Having muddled my way around the globe’s tipping norms, by the time I got to Brazil for my masters research I figured I’d stop guessing and simply ask. Sure, there was the risk that the porter, or waiter or whoever, might say yes even when a tip wasn’t necessary but I figured they were poorly paid service workers in a third world country. If I ended up giving them a few extra dollars when it wasn’t really necessary, what was the harm.

The only real problem I had was that I didn’t actually know the Portuguese word for ‘tip’. Not such a big problem though, I decided I’d just use the Spanish word – propina – instead. Often-enough Spanish and Portuguese words are interchangeable. And in the South of Brazil, where I was, the local vernacular had a stronger than usual Spanish influence.

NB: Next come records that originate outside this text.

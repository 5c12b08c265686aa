//! Calls on hubs that are made by methods of their own: no value of a call or of a reply is made for them.

ghost use Rattle.std.specs.Prelude.{◌≡◌, Ok, Err, IfOk, IfErr};
ghost use Rattle.sentry_calls.specs.Active.{if_active};
ghost use Rattle.sentry_calls.specs.Hubs as hubs;
ghost use Rattle.sentry_calls.specs.Layers as layers;
ghost use Rattle.sentry_calls.specs.Sessions as sessions;
ghost use Rattle.sentry_calls.specs.Telemetry as telemetry;
ghost use Rattle.sentry_events.specs.Captures as captures;
ghost use Rattle.sentry_state.specs.Breadcrumbs.{add_breadcrumbs};
ghost use Rattle.sentry_state.specs.Outcomes.{Does, DoesWithoutMemory};
ghost use Rattle.sentry_lock.specs.Locked.{DrainsAll, DrainsAndDoes, Replies, RepliesWithoutMemory};

use crate::handed::Handed;
use crate::locked::Core;
use sentry_base::callbacks::EventCallback;
use sentry_base::protocol::{
    Breadcrumb, ClientKey, ErrorLink, Event, Fresh, HubKey, Level, Log, MetricDraft, Refusal,
    SessionStatus, Uuid,
};
use sentry_options::Callbacks;
use sentry_plain::Few;
use sentry_scope::{Scope, ScopeEdit};

impl<P: EventCallback + Drop, C: Callbacks, T: Drop> Core<P, C, T> {
    /// Captures an event on a hub.
    pub(crate) fn capture_event(
        &mut self,
        hub: HubKey,
        event: Event,
        fresh: Fresh,
    ) -> Result<Handed<Uuid, T>, Refusal>
        ensures done { IfOk result (λ handed. DrainsAndDoes self.old.tag self.old.engine self.new.engine
            self.old.drainers self.new.drainers (Ok handed.out) (captures.capture_event P.gives C.meanings hub event fresh)) }
        ensures refused { IfErr result (λ _.
            DrainsAll self.old.tag self.old.engine self.new.engine self.old.drainers self.new.drainers) }
        ensures labels { self.new.next_label ≡ self.old.next_label }
    {
        let transports = self.drained()?;
        let out = self.engine.capture_event(hub, event, fresh)?;
        Ok(Handed {
            out,
            transports: Some(transports),
        })
    }

    /// Captures a message on a hub.
    pub(crate) fn capture_message(
        &mut self,
        hub: HubKey,
        message: &str,
        level: Level,
        fresh: Fresh,
    ) -> Result<Handed<Uuid, T>, Refusal>
        ensures done { IfOk result (λ handed. DrainsAndDoes self.old.tag self.old.engine self.new.engine
            self.old.drainers self.new.drainers (Ok handed.out) (hubs.capture_message P.gives C.meanings hub message.now level fresh)) }
        ensures refused { IfErr result (λ _.
            DrainsAll self.old.tag self.old.engine self.new.engine self.old.drainers self.new.drainers) }
        ensures labels { self.new.next_label ≡ self.old.next_label }
    {
        let transports = self.drained()?;
        let out = self.engine.capture_message(hub, message, level, fresh)?;
        Ok(Handed {
            out,
            transports: Some(transports),
        })
    }

    /// Captures an error on a hub, by its links, outermost first.
    pub(crate) fn capture_error(
        &mut self,
        hub: HubKey,
        links: &[ErrorLink],
        fresh: Fresh,
    ) -> Result<Handed<Uuid, T>, Refusal>
        ensures done { IfOk result (λ handed. DrainsAndDoes self.old.tag self.old.engine self.new.engine
            self.old.drainers self.new.drainers (Ok handed.out) (hubs.capture_error P.gives C.meanings hub links.now fresh)) }
        ensures refused { IfErr result (λ _.
            DrainsAll self.old.tag self.old.engine self.new.engine self.old.drainers self.new.drainers) }
        ensures labels { self.new.next_label ≡ self.old.next_label }
    {
        let transports = self.drained()?;
        let out = self.engine.capture_error(hub, links, fresh)?;
        Ok(Handed {
            out,
            transports: Some(transports),
        })
    }

    /// Captures a log on a hub.
    pub(crate) fn capture_log(&mut self, hub: HubKey, log: Log) -> Result<Handed<(), T>, Refusal>
        ensures done { IfOk result (λ handed. DrainsAndDoes self.old.tag self.old.engine self.new.engine
            self.old.drainers self.new.drainers (Ok handed.out) (telemetry.capture_log C.meanings hub log)) }
        ensures refused { IfErr result (λ _.
            DrainsAll self.old.tag self.old.engine self.new.engine self.old.drainers self.new.drainers) }
        ensures labels { self.new.next_label ≡ self.old.next_label }
    {
        let transports = self.drained()?;
        let out = self.engine.capture_log(hub, log)?;
        Ok(Handed {
            out,
            transports: Some(transports),
        })
    }

    /// Captures a metric on a hub.
    pub(crate) fn capture_metric(
        &mut self,
        hub: HubKey,
        draft: MetricDraft,
        now: u64,
    ) -> Result<Handed<(), T>, Refusal>
        ensures done { IfOk result (λ handed. DrainsAndDoes self.old.tag self.old.engine self.new.engine
            self.old.drainers self.new.drainers (Ok handed.out) (telemetry.capture_metric C.meanings hub draft now)) }
        ensures refused { IfErr result (λ _.
            DrainsAll self.old.tag self.old.engine self.new.engine self.old.drainers self.new.drainers) }
        ensures labels { self.new.next_label ≡ self.old.next_label }
    {
        let transports = self.drained()?;
        let out = self.engine.capture_metric(hub, draft, now)?;
        Ok(Handed {
            out,
            transports: Some(transports),
        })
    }

    /// Makes calls of setters on the top scope of a hub.
    pub(crate) fn configure(
        &mut self,
        hub: HubKey,
        edits: Vec<ScopeEdit<P>>,
        now: u64,
    ) -> Result<Handed<(), T>, Refusal>
        ensures done { IfOk result (λ handed. DrainsAndDoes self.old.tag self.old.engine self.new.engine
            self.old.drainers self.new.drainers (Ok handed.out) (hubs.configure hub edits.items now)) }
        ensures refused { IfErr result (λ _.
            DrainsAll self.old.tag self.old.engine self.new.engine self.old.drainers self.new.drainers) }
        ensures labels { self.new.next_label ≡ self.old.next_label }
    {
        let transports = self.drained()?;
        let out = self.engine.configure(hub, edits, now)?;
        Ok(Handed {
            out,
            transports: Some(transports),
        })
    }

    /// Starts a session on a hub.
    pub(crate) fn start_session(
        &mut self,
        hub: HubKey,
        fresh: Fresh,
    ) -> Result<Handed<(), T>, Refusal>
        ensures done { IfOk result (λ handed. DrainsAndDoes self.old.tag self.old.engine self.new.engine
            self.old.drainers self.new.drainers (Ok handed.out) (sessions.start_session hub fresh)) }
        ensures refused { IfErr result (λ _.
            DrainsAll self.old.tag self.old.engine self.new.engine self.old.drainers self.new.drainers) }
        ensures labels { self.new.next_label ≡ self.old.next_label }
    {
        self.drain_and_make_ready()?;
        let out = self.engine.start_session(hub, fresh)?;
        let transports = self.routes.take_for(&out.sent);
        Ok(Handed { out, transports })
    }

    /// The same, if the hub is active.
    pub(crate) fn start_active_session(
        &mut self,
        hub: HubKey,
        fresh: Fresh,
    ) -> Result<Handed<(), T>, Refusal>
        ensures done { IfOk result (λ handed. DrainsAndDoes self.old.tag self.old.engine self.new.engine
            self.old.drainers self.new.drainers (Ok handed.out) (if_active hub (sessions.start_session hub fresh))) }
        ensures refused { IfErr result (λ _.
            DrainsAll self.old.tag self.old.engine self.new.engine self.old.drainers self.new.drainers) }
        ensures labels { self.new.next_label ≡ self.old.next_label }
    {
        self.drain_and_make_ready()?;
        let out = self.engine.start_active_session(hub, fresh)?;
        let transports = self.routes.take_for(&out.sent);
        Ok(Handed { out, transports })
    }

    /// Ends the session of a hub with a status.
    pub(crate) fn end_session_with_status(
        &mut self,
        hub: HubKey,
        status: SessionStatus,
        now: u64,
    ) -> Result<Handed<(), T>, Refusal>
        ensures done { IfOk result (λ handed. DrainsAndDoes self.old.tag self.old.engine self.new.engine
            self.old.drainers self.new.drainers (Ok handed.out) (sessions.end_session_with_status hub status now)) }
        ensures refused { IfErr result (λ _.
            DrainsAll self.old.tag self.old.engine self.new.engine self.old.drainers self.new.drainers) }
        ensures labels { self.new.next_label ≡ self.old.next_label }
    {
        self.drain_and_make_ready()?;
        let out = self.engine.end_session_with_status(hub, status, now)?;
        let transports = self.routes.take_for(&out.sent);
        Ok(Handed { out, transports })
    }

    /// The same, if the hub is active.
    pub(crate) fn end_active_session(
        &mut self,
        hub: HubKey,
        status: SessionStatus,
        now: u64,
    ) -> Result<Handed<(), T>, Refusal>
        ensures done { IfOk result (λ handed. DrainsAndDoes self.old.tag self.old.engine self.new.engine
            self.old.drainers self.new.drainers (Ok handed.out) (if_active hub (sessions.end_session_with_status hub status now))) }
        ensures refused { IfErr result (λ _.
            DrainsAll self.old.tag self.old.engine self.new.engine self.old.drainers self.new.drainers) }
        ensures labels { self.new.next_label ≡ self.old.next_label }
    {
        self.drain_and_make_ready()?;
        let out = self.engine.end_active_session(hub, status, now)?;
        let transports = self.routes.take_for(&out.sent);
        Ok(Handed { out, transports })
    }

    /// Gives a hub back.
    pub(crate) fn release_hub(&mut self, hub: HubKey, now: u64) -> Result<Handed<(), T>, Refusal>
        ensures done { IfOk result (λ handed. DrainsAndDoes self.old.tag self.old.engine self.new.engine
            self.old.drainers self.new.drainers (Ok handed.out) (layers.release_hub hub now)) }
        ensures refused { IfErr result (λ _.
            DrainsAll self.old.tag self.old.engine self.new.engine self.old.drainers self.new.drainers) }
        ensures labels { self.new.next_label ≡ self.old.next_label }
    {
        let transports = self.drained()?;
        let out = self.engine.release_hub(hub, now)?;
        Ok(Handed {
            out,
            transports: Some(transports),
        })
    }

    /// Adds breadcrumbs to the trail of a hub.
    pub(crate) fn add_breadcrumbs(
        &mut self,
        hub: HubKey,
        breadcrumbs: Few<Breadcrumb>,
    ) -> Result<(), Refusal>
        ensures done { IfOk result (λ reply. Replies self.old.engine self.new.engine reply
            (add_breadcrumbs C.meanings hub breadcrumbs)) }
        ensures refused { IfErr result (λ refusal. Does self.old.engine self.new.engine
            (Err refusal) (add_breadcrumbs C.meanings hub breadcrumbs)) }
        ensures drainers { self.new.drainers ≡ self.old.drainers }
        ensures labels { self.new.next_label ≡ self.old.next_label }
    {
        let out = self.engine.add_breadcrumbs(hub, breadcrumbs)?;
        Ok(out.reply)
    }

    /// Adds a hub with one layer.
    pub(crate) fn new_hub(
        &mut self,
        client: Option<ClientKey>,
        scope: Scope<P>,
    ) -> Result<HubKey, Refusal>
        ensures done { IfOk result (λ reply. Replies self.old.engine self.new.engine reply
            (hubs.new_hub client scope)) }
        ensures refused { IfErr result (λ refusal. Does self.old.engine self.new.engine
            (Err refusal) (hubs.new_hub client scope)) }
        ensures drainers { self.new.drainers ≡ self.old.drainers }
        ensures labels { self.new.next_label ≡ self.old.next_label }
    {
        let out = self.engine.new_hub(client, scope)?;
        Ok(out.reply)
    }

    /// Adds a hub with a copy of the top layer of another one.
    pub(crate) fn new_hub_from_top(&mut self, hub: HubKey) -> Result<HubKey, Refusal>
        ensures done { IfOk result (λ reply. Replies self.old.engine self.new.engine reply
            (layers.new_hub_from_top hub)) }
        ensures refused { IfErr result (λ refusal. Does self.old.engine self.new.engine
            (Err refusal) (layers.new_hub_from_top hub)) }
        ensures drainers { self.new.drainers ≡ self.old.drainers }
        ensures labels { self.new.next_label ≡ self.old.next_label }
    {
        let out = self.engine.new_hub_from_top(hub)?;
        Ok(out.reply)
    }

    /// Gives the top layer of a hub another client, or none.
    pub(crate) fn bind_client(
        &mut self,
        hub: HubKey,
        client: Option<ClientKey>,
    ) -> Result<(), Refusal>
        ensures done { IfOk result (λ reply. RepliesWithoutMemory self.old.engine self.new.engine reply
            (layers.bind_client hub client)) }
        ensures refused { IfErr result (λ refusal. DoesWithoutMemory self.old.engine self.new.engine
            (Err refusal) (layers.bind_client hub client)) }
        ensures drainers { self.new.drainers ≡ self.old.drainers }
        ensures labels { self.new.next_label ≡ self.old.next_label }
    {
        let out = self.engine.bind_client(hub, client)?;
        Ok(out.reply)
    }
}
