//! What waits is sent before the transport is asked to flush or to shut down.
use crate::workshop::{Held, Note, capture_log, options};
use sentry_base::protocol::Refusal;
use sentry_lock::{Client, CoreLock};
use std::alloc::Global;
use std::test::Fail;

/// Flushes the client after a log, and closes it after another one.
fn log_and_end<L: CoreLock>(client: &Client<L>) -> Result<[bool; 2], Refusal> {
    capture_log(client)?;
    let is_flushed = client.flush(Some(7))?;
    capture_log(client)?;
    Ok([is_flushed, client.close(Some(9))?])
}

#[test]
fn what_waits_is_sent_before_an_end(rt: HostRuntime) -> Result<(), Fail> {
    let alloc: Global = rt.alloc();
    let (held, notebook) = Held::noted(rt, alloc, options(alloc, false)?, true)?;
    let answers = log_and_end(&held.client)?;
    assert!(rt; answers == [true; 2]);
    let expected = [
        Note::SendLogs(1),
        Note::Flush(7),
        Note::SendLogs(1),
        Note::Shutdown(9),
    ];
    assert!(rt; notebook.take(alloc).asked.as_slice() == expected.as_slice());
    Ok(())
}
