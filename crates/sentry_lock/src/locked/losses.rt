//! The losses of labels: drained, reported, and ended.
ghost use Rattle.std.specs.Prelude.{◌≡◌, MatchOption, IfOk, IfErr, Ok, Err, List, true, false, [], ◌⊎◌};
ghost use Rattle.sentry_plain.specs.Tables.{entries_after, without};
ghost use Rattle.sentry_base.specs.declared.protocol.envelope.Envelope.{Envelope};
ghost use Rattle.sentry_base.specs.declared.protocol.keys.ClientKey.{ClientKey};
ghost use Rattle.sentry_calls.specs.Losses.{take_report};
ghost use Rattle.sentry_state.specs.Outcomes.{Does};
ghost use Rattle.sentry_state.specs.Worlds.{World, Stands};
ghost use Rattle.sentry_lock.specs.Locked.{Absorbs, DrainsAll, DrainsAndAbsorbs, DrainsEach, DrainsIfOpen, DrainsNext, EndsAndAbsorbs, FindsNoWords, ForgetsUnused, IsHeld};
ghost use Rattle.sentry_lock.specs.Words.{AreZero, HasOpenWords};

use crate::handed::Transports;
use crate::locked::Core;
use crate::words::{StillHeld, drain_words, drain_words_into, end_words};
use sentry_base::callbacks::EventCallback;
use sentry_base::protocol::{ClientReport, LOSS_QUANTITIES, Label, Losses, Refusal};
use sentry_engine::Engine;
use sentry_options::Callbacks;
use std::alloc::AllocError;

// Whether nothing is lost. It looks at each quantity without a branch, which is the fastest way.
fn is_nothing(losses: &Losses) -> bool
    ensures { result ≡ true → AreZero losses.now.quantities }
{
    let mut zero = true;
    for i in 0..LOSS_QUANTITIES {
        zero &= losses.quantities[i] == 0;
    }
    zero
}

// Absorbs losses under a label that a client names, which is never refused. Where nothing is lost the book is left alone.
#[inline(never)]
fn absorb_held<P: Drop, C: Callbacks>(engine: &mut Engine<P, C>, label: Label, losses: &Losses)
    requires stands { ∥ ((world : World P C) × Stands engine.old world) ∥₁ }
    requires held { IsHeld true label engine.old }
    ensures { Absorbs label losses.now.quantities engine.old engine.new }
{
    if is_nothing(losses) {
        return;
    }
    drop(engine.absorb_losses(label, losses));
}

impl<P: EventCallback + Drop, C: Callbacks, T: Drop> Core<P, C, T> {
    /// Drains the words of a label once, absorbs what that gave, and returns it; `None` if the words were ended. It takes
    /// no memory.
    ///
    /// `ForeignLosses`: no client that is held names the label.
    pub(crate) fn drain_and_absorb(&mut self, label: Label) -> Result<Option<Losses>, Refusal>
        ensures done { IfOk result (λ drained. IsHeld true label self.old.engine × MatchOption drained
            (FindsNoWords label self.old.engine self.new.engine self.old.drainers self.new.drainers)
            (λ losses. DrainsAndAbsorbs label losses.quantities self.old.engine self.new.engine
            self.old.drainers self.new.drainers)) }
        ensures refused { IfErr result (λ refusal. (refusal ≡ Refusal.ForeignLosses)
            × IsHeld false label self.old.engine
            × (self.new.engine ≡ self.old.engine) × (self.new.drainers ≡ self.old.drainers)) }
        ensures tag { self.new.tag ≡ self.old.tag }
        ensures labels { self.new.next_label ≡ self.old.next_label }
    {
        if !self.engine.has_book(label) {
            return Err(Refusal::ForeignLosses);
        }
        let Some(drained) = drain_words(&mut self.drainers, label.number) else {
            return Ok(None);
        };
        absorb_held(&mut self.engine, label, &drained);
        Ok(Some(drained))
    }

    // The same, where nothing waits to know what was drained: if nothing was, no losses are looked at. The book and the
    // drainer are looked for at a place first.
    #[inline(always)]
    fn drain_label(&mut self, label: Label, near: usize)
        ensures drained { DrainsIfOpen label self.old.engine self.new.engine self.old.drainers self.new.drainers }
        ensures tag { self.new.tag ≡ self.old.tag }
        ensures labels { self.new.next_label ≡ self.old.next_label }
    {
        if !self.engine.has_book_near(label, near) {
            return;
        }
        let Some(up) = drain_words_into(&mut self.drainers, label.number, near, &mut self.drained)
        else {
            return;
        };
        if up {
            absorb_held(&mut self.engine, label, &self.drained);
        }
    }

    // Drains and absorbs for the label of the least number above another, or of the least of all, and answers that number
    // and its place among the drainers; `None` if there is no more. The other is looked for at its place first.
    #[inline(always)]
    fn drain_next(&mut self, last: Option<u64>, near: usize) -> Option<(u64, usize)>
        ensures tag { self.new.tag ≡ self.old.tag }
        ensures drained { MatchOption result
            ((entries_after last self.old.drainers ≡ [])
            × (self.new.engine ≡ self.old.engine) × (self.new.drainers ≡ self.old.drainers))
            (λ next. DrainsNext self.old.tag last next.0 self.old.engine self.new.engine
            self.old.drainers self.new.drainers) }
        ensures labels { self.new.next_label ≡ self.old.next_label }
    {
        let Some((number, place)) = self.drainers.next_number(last, near) else {
            return None;
        };
        let label = Label {
            tag: self.tag,
            number,
        };
        self.drain_label(label, place);
        Some((number, place))
    }

    /// Drains and absorbs for each label that a held client names, in the order of their numbers. It goes along the rows of
    /// the drainers, where the books mostly lie at the same places, so that nothing is searched.
    pub(super) fn drain_each_label(&mut self)
        ensures drained { DrainsEach self.old.tag self.old.drainers self.old.engine self.new.engine
            self.old.drainers self.new.drainers }
        ensures labels { self.new.next_label ≡ self.old.next_label }
    {
        let mut last = None;
        let mut near = 0usize;
        for _ in 0..self.drainers.len() {
            let Some((number, place)) = self.drain_next(last, near) else {
                return;
            };
            last = Some(number);
            near = place;
        }
    }

    /// Drains the words of all labels, and sees to it that a share of the transports lies ready: what a call that can hand
    /// out envelopes does before the engine's call, after which nothing may fail.
    #[tactic(auto, unfolding(crate::specs::Locked::DrainsAll))]
    pub(super) fn drain_and_make_ready(&mut self) -> Result<(), AllocError>
        ensures drained { DrainsAll self.old.tag self.old.engine self.new.engine self.old.drainers self.new.drainers }
        ensures labels { self.new.next_label ≡ self.old.next_label }
    {
        self.drain_each_label();
        self.routes.make_ready()
    }

    /// The same, with a share of the transports for a call that mostly hands out envelopes.
    pub(super) fn drained(&mut self) -> Result<Transports<T>, AllocError>
        ensures drained { DrainsAll self.old.tag self.old.engine self.new.engine self.old.drainers self.new.drainers }
        ensures labels { self.new.next_label ≡ self.old.next_label }
    {
        self.drain_and_make_ready()?;
        let transports = self.routes.all()?;
        Ok(transports)
    }

    /// Returns a report of the losses that are pending under a label, which then count as reported, or `None` if there
    /// are none. What its words hold is not in it: drain them first.
    ///
    /// `ForeignLosses`: no client that is held names the label. `OutOfMemory`.
    pub(crate) fn take_report(&mut self, label: Label) -> Result<Option<ClientReport>, Refusal>
        ensures done { IfOk result (λ report. (sent : List (ClientKey × Envelope))
            × Does self.old.engine self.new.engine (Ok (record { reply = report; sent = sent })) (take_report label)) }
        ensures refused { IfErr result (λ refusal. Does self.old.engine self.new.engine (Err refusal) (take_report label)) }
        ensures drainers { self.new.drainers ≡ self.old.drainers }
        ensures tag { self.new.tag ≡ self.old.tag }
        ensures labels { self.new.next_label ≡ self.old.next_label }
    {
        let out = self.engine.take_report(label)?;
        Ok(out.reply)
    }

    /// Ends the words of a label, absorbs what still stood in them, and answers true; or answers false and changes
    /// nothing while a recorder of them is held. True also if they were ended before. It takes no memory.
    ///
    /// `ForeignLosses`: no client that is held names the label.
    pub(crate) fn close_losses(&mut self, label: Label) -> Result<bool, Refusal>
        ensures named { IfOk result (λ _. IsHeld true label self.old.engine) }
        ensures ended { IfOk result (λ ended. ended ≡ true →
            FindsNoWords label self.old.engine self.new.engine self.old.drainers self.new.drainers
            ⊎ EndsAndAbsorbs label self.old.engine self.new.engine self.old.drainers self.new.drainers) }
        ensures held { IfOk result (λ ended. ended ≡ false → HasOpenWords self.old.drainers label.number
            × (self.new.engine ≡ self.old.engine) × (self.new.drainers ≡ self.old.drainers)) }
        ensures refused { IfErr result (λ refusal. (refusal ≡ Refusal.ForeignLosses)
            × IsHeld false label self.old.engine
            × (self.new.engine ≡ self.old.engine) × (self.new.drainers ≡ self.old.drainers)) }
        ensures tag { self.new.tag ≡ self.old.tag }
        ensures labels { self.new.next_label ≡ self.old.next_label }
    {
        if !self.engine.has_book(label) {
            return Err(Refusal::ForeignLosses);
        }
        let standing = match end_words(&mut self.drainers, label.number) {
            Ok(Some(standing)) => standing,
            Ok(None) => return Ok(true),
            Err(StillHeld) => return Ok(false),
        };
        absorb_held(&mut self.engine, label, &standing);
        Ok(true)
    }

    // Forgets the drainer of a label, unless a client names it.
    fn forget_unused(&mut self, label: Label)
        ensures engine { self.new.engine ≡ self.old.engine }
        ensures drainers { (IsHeld true label self.new.engine × (self.new.drainers ≡ self.old.drainers))
            ⊎ (IsHeld false label self.new.engine × (self.new.drainers ≡ without self.old.drainers label.number)) }
        ensures labels { self.new.next_label ≡ self.old.next_label }
    {
        if !self.engine.has_book(label) {
            drop(self.drainers.remove(label.number));
        }
    }

    /// The same, if a label is given.
    pub(super) fn forget_dropped(&mut self, label: Option<Label>)
        ensures engine { self.new.engine ≡ self.old.engine }
        ensures drainers { ForgetsUnused label self.new.engine self.old.drainers self.new.drainers }
        ensures labels { self.new.next_label ≡ self.old.next_label }
    {
        if let Some(label) = label {
            self.forget_unused(label);
        }
    }
}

And so it was that I spent my first few days dealing with my tip uncertainty in a straight-up manner. I asked the nice old guy who carried my bags at the hotel if it was “normal dar uma propina” for his services. He looked at me a little funny – probably struggling with my accent or grammar – but took the change I gave him. The same thing happened with the waitress at the vegetarian restaurant, the guy at the café and the woman at the hairdressers. (Although, she started with a puzzled ‘no’ before changing her answer to ‘yes’). I was a bit suspicious, no one ever really turned my offer of a tip down, but in general the process seemed to be working. I was being straight up, and practicing my Portuguese to boot. Something that, from the strange looks I was receiving, I really did need to work on.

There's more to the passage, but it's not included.